The development of an HIV vaccine is an important, but difficult goal, but researchers at the Massachusetts Institute of Technology (MIT) recently reported on an important advance in this area. One challenge in developing an HIV vaccine has been the difficulty in measuring how effective a vaccine is in producing an immune response. The MIT researchers have resolved that challenge by developing a high-throughput automated assay to evaluate individual T-cell response.

The researchers recently reported their research in the Journal of Clinical Investigation (1). CD8⁺ T cells are an important element of the immune response to viral infection, and an inadequate CD8⁺ T cell response is thought to be partly responsible for the infection that arises following infection with HIV (1). Scientists would like their vaccines to provoke T cells to recognize and kill HIV-infected cells, but it is not easy to monitor whether T cells are provoking an adequate or inadequate response, according to a MIT press release describing the research.

The researchers pointed to two key challenges. Although IFN-γ production is used as a measure of T cell function, the relationship between cytokine production and the ability of a cell to lyse virus-infected cells is not clear. Additionally, the ability to assess multiple CD8⁺ T cell functions with single-cell resolution using freshly isolated blood samples and recovering these cells for further functional analyses also has been a challenge (1).
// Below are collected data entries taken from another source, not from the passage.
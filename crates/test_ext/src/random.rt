//! Tests that make thousands of random calls on a row of three bytes, and compare them with plain
//! loops over 24 flags.

ghost use Rattle.std.specs.Prelude.{◌<◌, ◌≤◌, max, IsTrue};
ghost use Rattle.bittle_ext.specs.Views.{rounded_up};
ghost use Rattle.bittle.specs.Values.{ShapeFits};

use crate::calls::{
    BACK, FRONT, INSERT, REMOVE, TOGGLE, bit_changed, bit_taken, combination, extend_by_set,
    one_runs, ones_in_range, set_of, zero_runs, zeros_in_range,
};
use crate::checked_indexes::tried;
use crate::checks::same;
use crate::rotations::moved;
use bittle::{Bits, BitsMut, BitsOwned};
use bittle_ext::prelude::*;
use std::process::Abort;

// Draws a pseudo-random number of 24 bits.
pub(crate) fn draw(state: &mut u32) -> u32 {
    *state = state.wrapping_mul(1_664_525).wrapping_add(1_013_904_223);
    *state >> 8
}

// Draws a random row.
pub(crate) fn draw_row(state: &mut u32) -> [u8; 3] {
    let one = (draw(state) % 256) as u8;
    let two = (draw(state) % 256) as u8;
    [one, two, (draw(state) % 256) as u8]
}

// Returns a flag for each bit of a row.
pub(crate) fn flags_of(row: &[u8; 3]) -> [bool; 24] {
    let mut flags = [false; 24];
    for i in 0..24usize {
        flags[i] = row[i / 8] >> (i % 8) & 1 == 1;
    }
    flags
}

// Changes one bit of the row and its flag, by the call that `kind` picks. Checks what the call
// returns.
fn change_one<B: BitsMut>(
    rt: &impl Abort,
    kind: u32,
    index: u32,
    row: &mut B,
    flags: &mut [bool; 24],
)
    requires { IsTrue B.indexable }
{
    let at = (index % 24) as usize;
    let before = flags[at];
    let told = bit_changed(kind, row, index, !before);
    // `insert` returns whether the bit was unset, and `toggle` returns nothing.
    let expected = match kind {
        INSERT => !before,
        TOGGLE => false,
        _ => before,
    };
    crate::checks::end_unless_equal(rt, "a changed bit", (kind, told), (kind, expected));
    flags[at] = match kind {
        INSERT => true,
        REMOVE => false,
        _ => !before,
    };
}

// Changes one bit of the row and its flag, by the call that `kind` picks. An index past the row
// changes nothing. Checks what the call returns, and first what the row says of the index.
fn change_checked<B: BitsMut>(
    rt: &impl Abort,
    kind: u32,
    index: u32,
    row: &mut B,
    flags: &mut [bool; 24],
)
    requires { IsTrue B.indexable }
{
    let before = flags.get(index as usize).copied();
    same!(*rt; (row.contains_index(index), row.get_bit(index)), (before == Some(true), before));
    let expected = match (kind, before) {
        (INSERT, Some(flag)) => Some(!flag),
        (INSERT, None) => None,
        (REMOVE, _) => before,
        _ => Some(before.is_some()),
    };
    same!(*rt; tried(kind, row, index), expected);
    if let Some(flag) = flags.get_mut(index as usize) {
        *flag = kind % 2 == 0;
    }
}

// Changes a range of the row and of the flags, by the call that `kind` picks.
fn change_range<B: BitsMut>(kind: u32, from: u32, to: u32, row: &mut B, flags: &mut [bool; 24])
    requires fits { ShapeFits B.Shape row.old }
    requires ordered { from ≤ to }
    requires within { to ≤ (B.big row.old).capacity }
    requires below { to ≤ 24 }
{
    match kind {
        0 => row.set_range(from, to),
        1 => row.clear_range(from, to),
        _ => row.toggle_range(from, to),
    }
    for i in from as usize..to as usize {
        flags[i] = match kind {
            0 => true,
            1 => false,
            _ => !flags[i],
        };
    }
}

// Clears the first set flag if `kind` is 0, and the last set flag if it is 1. Sets the first unset
// flag if `kind` is 2. Returns the index of the changed flag, or `None` if no flag is changed.
fn take_flag(kind: u32, flags: &mut [bool; 24]) -> Option<u32> {
    let mut found = None;
    for i in 0..24usize {
        let at = if kind == 1 { 23 - i } else { i };
        if found.is_none() && flags[at] == (kind != 2) {
            flags[at] = kind == 2;
            found = Some(at as u32);
        }
    }
    found
}

// Calls `take_flag` on the flags, makes the same change of the row, and checks that both changes
// return the same index.
fn take_one<B: BitsMut>(rt: &impl Abort, kind: u32, row: &mut B, flags: &mut [bool; 24])
    requires { ShapeFits B.Shape row.old }
{
    let found = take_flag(kind, flags);
    crate::checks::end_unless_equal(rt, "an end is taken", bit_taken(kind, row), found);
}

#[test]
fn drawn_changes_agree_with_plain_loops(rt: HostRuntime) {
    let mut state = 1;
    let mut row = [0u8; 3];
    let mut flags = [false; 24];
    for _ in 0..3000 {
        let (kind, index) = (draw(&mut state) % 4, draw(&mut state) % 50);
        change_one(&rt, kind, index, &mut row, &mut flags);
        let (kind, index) = (draw(&mut state) % 4, draw(&mut state) % 30);
        change_checked(&rt, kind, index, &mut row, &mut flags);
        let (one, other) = (draw(&mut state) % 25, draw(&mut state) % 25);
        change_range(kind, one.min(other), one.max(other), &mut row, &mut flags);
        take_one(&rt, kind % 3, &mut row, &mut flags);
        same!(rt; flags_of(&row), flags);
    }
}

// Combines two flags by the operation that `kind` picks: union, intersection, difference or
// symmetric difference.
pub(crate) fn combined(kind: u32, one: bool, other: bool) -> bool {
    match kind {
        0 => one || other,
        1 => one && other,
        2 => one && !other,
        _ => one != other,
    }
}

// Makes the set of the indexes that an iterator over a combination of `row` and `word` yields. The
// indexes are below the capacity of `A`.
fn walked<A: BitsOwned, B: Bits>(kind: u32, row: &A, word: &B) -> A
    requires indexable { IsTrue A.indexable }
    requires fits { ShapeFits B.Shape word.now }
    requires rounded { rounded_up (max (A.big row.now).capacity (B.big word.now).capacity) A.width
        < 4294967295 }
{
    if kind == 0 {
        let mut made = A::zeros();
        extend_by_set(&mut made, &row.or_unlike(word));
        made
    } else {
        set_of(combination(kind, row, word, [FRONT; 25]))
    }
}

#[test]
fn drawn_combinations_agree_with_plain_loops(rt: HostRuntime) {
    let mut state = 7;
    for _ in 0..2000 {
        let kind = draw(&mut state) % 4;
        let row = draw_row(&mut state);
        let word = (draw(&mut state) % 256) as u8;
        let (ours, theirs) = (flags_of(&row), flags_of(&[word, 0, 0]));
        let mut expected = [false; 24];
        for i in 0..24usize {
            expected[i] = combined(kind, ours[i], theirs[i]);
        }
        same!(rt; flags_of(&walked(kind, &row, &word)), expected);
    }
}

// Makes the set of the unset bits of a range, taken from both ends of an iterator in turn, or else
// of the set bits, taken from the back.
fn walked_range<B: BitsOwned>(zeros: bool, row: &B, from: u32, to: u32) -> B
    requires { IsTrue B.indexable }
{
    let mut turns = [BACK; 25];
    if zeros {
        for k in 0..13usize {
            turns[2 * k] = FRONT;
        }
        set_of(zeros_in_range(row, from, to, turns))
    } else {
        set_of(ones_in_range(row, from, to, turns))
    }
}

#[test]
fn drawn_ranges_agree_with_plain_loops(rt: HostRuntime) {
    let mut state = 11;
    for turn in 0..1000u32 {
        let row = draw_row(&mut state);
        let (one, other) = (draw(&mut state) % 25, draw(&mut state) % 25);
        let (from, to, zeros) = (one.min(other), one.max(other), turn % 2 == 0);
        let flags = flags_of(&row);
        let mut expected = [false; 24];
        for i in from as usize..to as usize {
            expected[i] = flags[i] != zeros;
        }
        same!(rt; flags_of(&walked_range(zeros, &row, from, to)), expected);
    }
}

// Sets the flag of an index. Ends the test if the index is not below 24.
fn mark(rt: &impl Abort, flags: &mut [bool; 24], index: u32) {
    if index < 24 {
        flags[index as usize] = true;
    } else {
        rt.panic("an index past the capacity")
    }
}

// Returns which bits are the first of a run, and which are the last. The runs are of unset bits if
// `zeros` is `true`, else of set bits.
fn walked_runs<B: Bits>(rt: &impl Abort, zeros: bool, row: &B) -> ([bool; 24], [bool; 24])
    requires { ShapeFits B.Shape row.now }
{
    let (mut firsts, mut lasts) = ([false; 24], [false; 24]);
    let runs = if zeros {
        zero_runs(row, [FRONT; 13])
    } else {
        one_runs(row, [BACK; 13])
    };
    for k in 0..13usize {
        if let Some((start, end)) = runs[k] {
            mark(rt, &mut firsts, start);
            mark(rt, &mut lasts, end.wrapping_sub(1));
        }
    }
    (firsts, lasts)
}

#[test]
fn drawn_runs_agree_with_plain_loops(rt: HostRuntime) {
    let mut state = 13;
    for turn in 0..1000u32 {
        let row = draw_row(&mut state);
        let (flags, zeros) = (flags_of(&row), turn % 2 == 0);
        let (mut firsts, mut lasts) = ([false; 24], [false; 24]);
        for i in 0..24usize {
            firsts[i] = flags[i] != zeros && (i == 0 || flags[i - 1] == zeros);
            lasts[i] = flags[i] != zeros && (i == 23 || flags[i + 1] == zeros);
        }
        let walked = walked_runs(&rt, zeros, &row);
        same!(rt; walked, (firsts, lasts));
    }
}

// Returns the flag that is at index `at` after all flags are moved by `by`. `kind` picks the way:
// rotated down, rotated up, shifted down or shifted up.
fn flag_after(kind: u32, flags: &[bool; 24], at: usize, by: usize) -> bool
    requires index { at < 24 }
    requires distance { by < 50 }
{
    match kind {
        0 => flags[(at + by) % 24],
        1 => flags[(at + 72 - by) % 24],
        2 => at + by < 24 && flags[at + by],
        _ => by <= at && flags[at - by],
    }
}

#[test]
fn drawn_rotations_agree_with_plain_loops(rt: HostRuntime) {
    let mut state = 17;
    for _ in 0..2000 {
        let row = draw_row(&mut state);
        let (kind, by) = (draw(&mut state) % 4, draw(&mut state) % 50);
        let flags = flags_of(&row);
        let mut expected = [false; 24];
        for i in 0..24usize {
            expected[i] = flag_after(kind, &flags, i, by as usize);
        }
        same!(rt; flags_of(&moved(kind, row, by)), expected);
    }
}
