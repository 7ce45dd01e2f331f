//! Tests of calls whose index does not wrap, with indexes below, at and past the capacity. The
//! expected values are worked out by hand.

ghost use Rattle.std.specs.Prelude.{IsTrue};
ghost use Rattle.bittle.specs.Values.{ShapeFits};

use crate::calls::{Change, INSERT, REMOVE, change_in};
use crate::checks::same;
use bittle::prelude::*;
use bittle::{BitsOwned, LittleEndian, Set};
use bittle_ext::prelude::*;
use std::process::Abort;

// Returns what `contains_index` and `get_bit` return for three indexes.
fn asked<B: Bits>(bits: &B, indexes: [u32; 3]) -> ([bool; 3], [Option<bool>; 3])
    requires { ShapeFits B.Shape bits.now }
{
    let (mut contained, mut bit) = ([false; 3], [None; 3]);
    for k in 0..3usize {
        contained[k] = bits.contains_index(indexes[k]);
        bit[k] = bits.get_bit(indexes[k]);
    }
    (contained, bit)
}

// Checks what `asked` returns for a set bit, an unset bit, and an index at or past the capacity.
fn answers<B: Bits>(rt: &impl Abort, bits: &B, indexes: [u32; 3])
    requires { ShapeFits B.Shape bits.now }
{
    let expected = ([true, false, false], [Some(true), Some(false), None]);
    same!(*rt; asked(bits, indexes), expected);
}

#[test]
fn questions_of_words(rt: HostRuntime) {
    answers(&rt, &0b0110u8, [2, 7, 8]);
    answers(&rt, &0b0110u8, [1, 0, 10]);
    answers(&rt, &i128::MIN, [127, 126, 128]);
    answers(&rt, &1u64, [0, 63, u32::MAX]);
}

// Calls `answers` on a little-endian set.
fn answers_of_left<T: BitsOwned>(rt: &impl Abort, left: T, indexes: [u32; 3])
    requires { IsTrue T.indexable }
{
    answers(rt, &Set::new_le(left), indexes);
}

#[test]
fn questions_of_rows(rt: HostRuntime) {
    answers(&rt, &[0u8, 0x10, 0x80], [12, 13, 24]);
    let words = [0u32, 4];
    let slice: &[u32] = &words;
    answers(&rt, &slice, [34, 2, 66]);
}

#[test]
fn questions_from_the_left(rt: HostRuntime) {
    answers_of_left(&rt, [0u8, 0x10, 0x80], [16, 12, 24]);
    answers(&rt, &0b0110u8.in_order::<LittleEndian>(), [5, 1, 8]);
}

#[test]
fn questions_of_an_empty_row(rt: HostRuntime) {
    let none = ([false, false, false], [None, None, None]);
    same!(rt; asked(&[0u8; 0], [0, 1, u32::MAX]), none);
}

// Names `try_set_bit`, in a call of `tried`. `INSERT` names `try_insert`, and `REMOVE` names
// `try_remove`.
const SET_BIT: u32 = 2;

// Names `try_clear_bit`.
const CLEAR_BIT: u32 = 3;

// Makes the call that `kind` names, and returns what it returns.
pub(crate) fn tried<B: BitsMut>(kind: u32, set: &mut B, index: u32) -> Option<bool>
    requires { IsTrue B.indexable }
{
    match kind {
        INSERT => set.try_insert(index),
        REMOVE => set.try_remove(index),
        SET_BIT => Some(set.try_set_bit(index)),
        _ => Some(set.try_clear_bit(index)),
    }
}

#[test]
fn changes_of_words(rt: HostRuntime) {
    let mut word = 0b0001u8;
    let answers = [tried(SET_BIT, &mut word, 7), tried(SET_BIT, &mut word, 9)];
    same!(rt; (answers, word), ([Some(true), Some(false)], 0b1000_0001));
    let answers = [
        tried(CLEAR_BIT, &mut word, 7),
        tried(CLEAR_BIT, &mut word, 8),
    ];
    same!(rt; (answers, word), ([Some(true), Some(false)], 0b0000_0001));
}

#[test]
fn insertions_of_words(rt: HostRuntime) {
    let mut word = 0b0001u8;
    let (first, second) = (tried(INSERT, &mut word, 3), tried(INSERT, &mut word, 3));
    let answers = [first, second, tried(INSERT, &mut word, 12)];
    same!(rt; (answers, word), ([Some(true), Some(false), None], 0b1001));
    let (first, second) = (tried(REMOVE, &mut word, 0), tried(REMOVE, &mut word, 0));
    let answers = [first, second, tried(REMOVE, &mut word, 11)];
    same!(rt; (answers, word), ([Some(true), Some(false), None], 0b1000));
}

// A change that makes a call of `tried` with this kind and index. The answer is what it returns.
#[derive(Drop)]
struct Attempt(u32, u32);

impl Change for Attempt {
    type Answer = Option<bool>;

    fn change<B: BitsMut>(&self, row: &mut B) -> Option<bool> {
        tried(self.0, row, self.1)
    }
}

#[test]
fn changes_of_rows_from_the_left(rt: HostRuntime) {
    let mut row = [0u8; 3];
    same!(rt; change_in::<_, LittleEndian, _>(&Attempt(INSERT, 8), &mut row), Some(true));
    same!(rt; change_in::<_, LittleEndian, _>(&Attempt(INSERT, 24), &mut row), None);
    same!(rt; change_in::<_, LittleEndian, _>(&Attempt(SET_BIT, 23), &mut row), Some(true));
    same!(rt; row, [0, 0x80, 1]);
    same!(rt; change_in::<_, LittleEndian, _>(&Attempt(REMOVE, 8), &mut row), Some(true));
    same!(rt; change_in::<_, LittleEndian, _>(&Attempt(CLEAR_BIT, 23), &mut row), Some(true));
    same!(rt; change_in::<_, LittleEndian, _>(&Attempt(CLEAR_BIT, 31), &mut row), Some(false));
    same!(rt; row, [0, 0, 0]);
}

#[test]
fn changes_of_an_empty_row(rt: HostRuntime) {
    let mut row = [0u64; 0];
    same!(rt; tried(SET_BIT, &mut row, 0), Some(false));
    same!(rt; tried(CLEAR_BIT, &mut row, 0), Some(false));
    same!(rt; tried(INSERT, &mut row, 0), None);
    same!(rt; tried(REMOVE, &mut row, u32::MAX), None);
}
To address these issues, the researchers developed a high-throughput, automated assay in 125-pl microwells to simultaneously evaluate the ability of thousands of individual CD8⁺ T cells from HIV-infected patients to mediate lysis and to produce cytokines (1). Using this approach, the researchers could detect whether the T cells killed the infected cells with probes that glow when the dying cells’ nuclei become compromised. The next step was to measure  interferon gamma production with a microengraving technique that the researchers had earlier developed. Secretions from each cell are imprinted on a glass slide, which can then be tested for the presence of specific proteins. Because each cell has its own “address” on the slide, the secretions can be traced back to individual cells, and their interferon gamma production can be correlated directly to their cell-killing ability, according to the MIT release. The same technology could potentially be adapted to measure cells’ output of any other immune system protein. In this study, the researchers found that while the percentage of T cells that secrete interferon gamma is similar to the percentage of those that kill infected cells, the populations are not identical. In future studies, the researchers hope to find markers that correlate with cell-killing ability, thereby making it easier to evaluate a potential vaccine’s effectiveness, according to the MIT release.

Although more research will be needed to develop the technology to the point where it can be used routinely in vaccine trials for large-scale studies of patient samples, it is a positive accomplishment in gaining understanding for developing an HIV vaccine.

Source

1. N. Varadarajan et al., “A High-Throughput Single-Cell Analysis of Human CD8+ T Cell Functions Reveals Discordance for Cytokine Secretion and Cytolysis,” J. Clin. Invest. online, DOI:10.1172/JCI58653, Oct. 3, 2011.